Go through the data and tally the lines that include "Prelude". The reply is that number alone.
▼
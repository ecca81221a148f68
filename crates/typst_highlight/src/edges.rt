//! Where a row of nodes parts.

ghost use Rattle.std.specs.Prelude.{◌≡◌};
ghost use Rattle.typst_tree.specs.Tree.{forest};
ghost use Rattle.typst_highlight.specs.Edges as spec;

use crate::context::is_leaf;
use crate::rules::{is_dot, is_name};
use typst_tree::SyntaxNode;

/// Whether a node parts the row of its parent's children: the tags of those before it don't depend on what
/// follows it, and those of what follows it don't depend on what is before it.
pub fn is_edge(node: &SyntaxNode) -> bool
    ensures { result ≡ spec.is_edge node.now }
{
    let kind = node.kind();
    let begins = is_plain(node) || begins_plain(node.children());
    begins && !kind.is_trivia() && !kind.is_hash_expr()
}

/// Whether a node is a leaf that is neither trivia nor an error, neither a name nor a dot.
fn is_plain(node: &SyntaxNode) -> bool
    ensures { result ≡ spec.is_plain node.now }
{
    is_leaf(node) && !is_name(node.kind()) && !is_dot(node.kind())
}

/// Whether the first of some nodes is such a leaf.
fn begins_plain(nodes: &[SyntaxNode]) -> bool
    ensures { result ≡ spec.begins_plain (forest nodes.now) }
{
    match nodes.split_first() {
        None => false,
        Some((node, _)) => is_plain(node),
    }
}
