//! What a walk knows of a node that it has come to.

ghost use Rattle.std.specs.Prelude.{◌≡◌, ◌+◌, Some, length};
ghost use Rattle.typst_tree.specs.Tree.{forest, saturated};
ghost use Rattle.typst_tree.specs.Walks.{is_childless, is_leaf};
ghost use Rattle.typst_highlight.specs.Names.{is_called, is_shown, kind_ahead, name_alone};
ghost use Rattle.typst_highlight.specs.Walk as walk;

use crate::rules::{
    begins_arguments, is_colon, is_dot, is_field_access, is_hash, is_math_name, is_name,
    is_show_rule, is_skipped,
};
use crate::tags::Tag;
use typst_kinds::SyntaxKind;
use typst_tree::SyntaxNode;

/// A leaf as the name before it sees it: its kind, its parent's, and where it begins, in bytes.
#[derive(Clone, Copy)]
pub struct Ahead {
    pub kind: SyntaxKind,
    pub parent: Option<SyntaxKind>,
    pub offset: usize,
}

/// What is around a name.
#[derive(Clone, Copy)]
pub struct Surroundings {
    /// The name's own kind.
    pub kind: SyntaxKind,
    /// Where it ends, in bytes.
    pub end: usize,
    /// The next leaf.
    pub next: Option<Ahead>,
    /// What the name, or the outermost of the field accesses above it, stands in.
    pub around: Option<SyntaxKind>,
    /// The leaf before the name, or before the outermost of the field accesses above it.
    pub lead: Option<SyntaxKind>,
    /// The leaf before the name.
    pub before: Option<SyntaxKind>,
}

/// The last leaves before a node.
#[derive(Clone, Copy)]
pub struct Trail {
    /// The kind of the last one.
    pub before: Option<SyntaxKind>,
    /// Its tag, if it is a name.
    pub name: Option<Tag>,
    /// The tag of the one before it, if that is a name.
    pub earlier: Option<Tag>,
}

/// What is around the outermost of the field accesses above a node.
#[derive(Clone, Copy)]
pub struct Outer {
    /// The kind of what it stands in.
    pub around: Option<SyntaxKind>,
    /// The kind of the leaf before it.
    pub lead: Option<SyntaxKind>,
}

/// What is around a node: what is after it is known from the nodes that follow it under its parent.
#[derive(Clone, Copy)]
pub struct Context {
    /// The parent's kind.
    pub parent: Option<SyntaxKind>,
    /// Where the parent is a field access, what is around the outermost one.
    pub outer: Option<Outer>,
    /// Where the node begins, in bytes.
    pub offset: usize,
    /// The leaves before the node.
    pub trail: Trail,
    /// The first leaf after the parent.
    pub ahead: Option<Ahead>,
}

/// Whether the node has no children.
pub fn is_childless(node: &SyntaxNode) -> bool
    ensures { result ≡ is_childless node.now.kids }
{
    node.children().is_empty()
}

/// Whether the node is a leaf that is neither trivia nor an error.
#[inline(always)]
pub fn is_leaf(node: &SyntaxNode) -> bool
    ensures { result ≡ is_leaf node.now }
{
    is_childless(node) && !is_skipped(node.kind())
}

/// The first leaf of nodes that stand side by side from a byte on, under a parent of this kind.
///
/// Calls `leaf_below` for a child of at most `share` nodes, and goes on with the children of a larger
/// one, when it has looked after that. As a node has at most one child of more than half of its nodes,
/// calls nest no deeper than twice the logarithm of the number of nodes, however deep a tree is.
#[cycle(leaves)]
fn first_leaf(
    nodes: &[SyntaxNode],
    mut parent: Option<SyntaxKind>,
    mut offset: usize,
    mut share: usize,
) -> Option<Ahead>
    ensures { result ≡ walk.first_leaf parent offset (forest nodes.now) }
{
    let mut rest = nodes;
    let mut behind = None;
    while let Some((node, later)) = rest.split_first() {
        let kind = node.kind();
        if is_leaf(node) {
            return Some(Ahead {
                kind,
                parent,
                offset,
            });
        }
        let end = offset.saturating_add(node.len());
        if node.descendants() > share {
            behind = first_leaf(later, parent, end, share).or(behind);
            rest = node.children();
            parent = Some(kind);
            offset = offset.saturating_add(node.leaf_text().len());
            share = node.descendants() / 2;
        } else if let Some(leaf) = leaf_below(node, offset) {
            return Some(leaf);
        } else {
            rest = later;
            offset = end;
        }
    }
    behind
}

/// The first leaf below a node that begins there.
#[cycle(leaves)]
#[inline(always)]
fn leaf_below(node: &SyntaxNode, offset: usize) -> Option<Ahead>
    ensures { result ≡ walk.first_leaf (Some node.now.head.kind) (saturated (offset + length node.now.head.text)) node.now.kids }
{
    if is_childless(node) {
        return None;
    }
    let inner = offset.saturating_add(node.leaf_text().len());
    first_leaf(
        node.children(),
        Some(node.kind()),
        inner,
        node.descendants() / 2,
    )
}

/// What `first_leaf` answers, at once where only nodes without children come before the leaf, or those and a node
/// whose first child it is. So it mostly is with what follows a name.
#[inline(always)]
pub fn leaf_among(nodes: &[SyntaxNode], parent: Option<SyntaxKind>, offset: usize) -> Option<Ahead>
    ensures { result ≡ walk.first_leaf parent offset (forest nodes.now) }
{
    let mut rest = nodes;
    let mut start = offset;
    while let Some((node, later)) = rest.split_first() {
        if is_leaf(node) {
            return Some(Ahead {
                kind: node.kind(),
                parent,
                offset: start,
            });
        }
        if !is_childless(node) {
            return leaf_inside(rest, parent, start);
        }
        start = start.saturating_add(node.len());
        rest = later;
    }
    None
}

/// What `first_leaf` answers, at once where the first node's first child is a leaf.
#[inline(always)]
fn leaf_inside(nodes: &[SyntaxNode], parent: Option<SyntaxKind>, offset: usize) -> Option<Ahead>
    ensures { result ≡ walk.first_leaf parent offset (forest nodes.now) }
{
    let (node, _) = nodes.split_first()?;
    if let Some((kid, _)) = node.children().split_first() {
        if is_leaf(kid) {
            return Some(Ahead {
                kind: kid.kind(),
                parent: Some(node.kind()),
                offset: offset.saturating_add(node.leaf_text().len()),
            });
        }
    }
    first_leaf(nodes, parent, offset, usize::MAX)
}

/// Whether there is a leaf among nodes that stand side by side.
pub fn holds_leaf(nodes: &[SyntaxNode]) -> bool
    ensures { result ≡ walk.holds_leaf (forest nodes.now) }
{
    leaf_among(nodes, None, 0).is_some()
}

/// Whether a leaf follows the first of the nodes that is no trivia.
pub fn is_followed(nodes: &[SyntaxNode]) -> bool
    ensures { result ≡ walk.is_followed (forest nodes.now) }
{
    let mut rest = nodes;
    while let Some((node, later)) = rest.split_first() {
        if !node.kind().is_trivia() {
            return holds_leaf(later);
        }
        rest = later;
    }
    false
}

impl Surroundings {
    /// Whether arguments or content begin where the name ends.
    #[inline(always)]
    fn is_called(self) -> bool
        ensures { result ≡ is_called self.end self.next }
    {
        match self.next {
            None => false,
            Some(leaf) => leaf.offset == self.end && begins_arguments(leaf.kind, leaf.parent),
        }
    }

    /// The kind of the next leaf.
    #[inline(always)]
    fn after(self) -> Option<SyntaxKind>
        ensures { result ≡ kind_ahead self.next }
    {
        match self.next {
            None => None,
            Some(leaf) => Some(leaf.kind),
        }
    }

    /// Whether the name stands in a show rule, directly before or after its colon.
    #[inline(always)]
    fn is_shown(self) -> bool
        ensures { result ≡ is_shown self }
    {
        is_show_rule(self.around) && (is_colon(self.after()) || is_colon(self.before))
    }

    /// The name's tag, unless only a name before it can tell.
    #[inline(always)]
    pub fn tag(self) -> Option<Tag>
        ensures { result ≡ name_alone self }
    {
        if self.is_called() {
            Some(Tag::Function)
        } else if is_math_name(self.kind) {
            Some(Tag::Interpolated)
        } else if self.is_shown() {
            Some(Tag::Function)
        } else if is_hash(self.lead) {
            Some(Tag::Interpolated)
        } else {
            None
        }
    }
}

impl Context {
    ghost use Rattle.std.specs.Prelude.{◌≡◌};
    ghost use Rattle.typst_tree.specs.Tree.{forest};
    ghost use Rattle.typst_highlight.specs.Walk as walk;

    /// The kind of what the node, or the outermost of the field accesses above it, stands in.
    #[inline(always)]
    fn around(&self) -> Option<SyntaxKind>
        ensures { result ≡ walk.around self.now }
    {
        match self.outer {
            None => self.parent,
            Some(outer) => outer.around,
        }
    }

    /// The kind of the leaf before the node, or before the outermost of the field accesses above it.
    #[inline(always)]
    fn lead(&self) -> Option<SyntaxKind>
        ensures { result ≡ walk.lead self.now }
    {
        match self.outer {
            None => self.trail.before,
            Some(outer) => outer.lead,
        }
    }

    /// Where the node ends, in bytes.
    #[inline(always)]
    pub fn end(&self, node: &SyntaxNode) -> usize
        ensures { result ≡ walk.end self.now node.now }
    {
        self.offset.saturating_add(node.len())
    }

    /// The first leaf after the node, which ends there.
    #[inline(always)]
    pub fn next_leaf(&self, end: usize, later: &[SyntaxNode]) -> Option<Ahead>
        ensures { result ≡ walk.leaf_from self.now end (forest later.now) }
    {
        match leaf_among(later, self.parent, end) {
            None => self.ahead,
            found => found,
        }
    }

    /// What is around the outermost of the field accesses above the children of a node of the kind.
    #[inline(always)]
    pub fn outer_within(&self, kind: SyntaxKind) -> Option<Outer>
        ensures { result ≡ walk.outer_within self.now kind }
    {
        if is_field_access(kind) {
            Some(Outer {
                around: self.around(),
                lead: self.lead(),
            })
        } else {
            None
        }
    }

    /// What is around the node's first child.
    #[inline(always)]
    pub fn within(&self, node: &SyntaxNode, later: &[SyntaxNode]) -> Context
        ensures { result ≡ walk.within self.now node.now (forest later.now) }
    {
        let kind = node.kind();
        Context {
            parent: Some(kind),
            outer: self.outer_within(kind),
            offset: self.offset.saturating_add(node.leaf_text().len()),
            trail: self.trail,
            ahead: self.next_leaf(self.end(node), later),
        }
    }

    /// What is around the next sibling, where the last leaves before it are known.
    pub fn past(&self, node: &SyntaxNode, trail: Trail) -> Context
        ensures { result ≡ walk.past self.now node.now trail }
    {
        Context {
            offset: self.offset.saturating_add(node.len()),
            trail,
            ..*self
        }
    }

    /// The tag of the node if it is a name.
    #[inline(always)]
    pub fn name(&self, node: &SyntaxNode, later: &[SyntaxNode]) -> Option<Tag>
        ensures { result ≡ walk.name self.now node.now (forest later.now) }
    {
        let end = self.end(node);
        let surroundings = Surroundings {
            kind: node.kind(),
            end,
            next: self.next_leaf(end, later),
            around: self.around(),
            lead: self.lead(),
            before: self.trail.before,
        };
        match surroundings.tag() {
            None => self.trail.behind_dot(),
            found => found,
        }
    }

    /// The last leaves before what follows the node, which is a leaf.
    pub fn step(&self, node: &SyntaxNode, later: &[SyntaxNode]) -> Trail
        ensures { result ≡ walk.step self.now node.now (forest later.now) }
    {
        let kind = node.kind();
        Trail {
            before: Some(kind),
            name: if is_name(kind) {
                self.name(node, later)
            } else {
                None
            },
            earlier: self.trail.name,
        }
    }
}

impl Context {
    ghost use Rattle.std.specs.Prelude.{◌≡◌, true, length};
    ghost use Rattle.typst_tree.specs.Tree.{forest};
    ghost use Rattle.typst_tree.specs.Walks.{is_childless};
    ghost use Rattle.typst_highlight.specs.Walk as walk;

    /// The last leaves before what follows the node, which has no children.
    pub fn behind(&self, node: &SyntaxNode, later: &[SyntaxNode]) -> Trail
        requires { is_childless node.now.kids ≡ true }
        ensures { result ≡ walk.passed self.now node.now (forest later.now) }
    {
        if is_leaf(node) {
            self.step(node, later)
        } else {
            self.trail
        }
    }
}

impl Trail {
    /// The tag of the name before the dot that the last leaf is.
    #[inline(always)]
    fn behind_dot(self) -> Option<Tag>
        ensures { result ≡ walk.behind_dot self }
    {
        match self.before {
            Some(kind) if is_dot(kind) => self.earlier,
            _ => None,
        }
    }
}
▲
**SOLUTION:**
4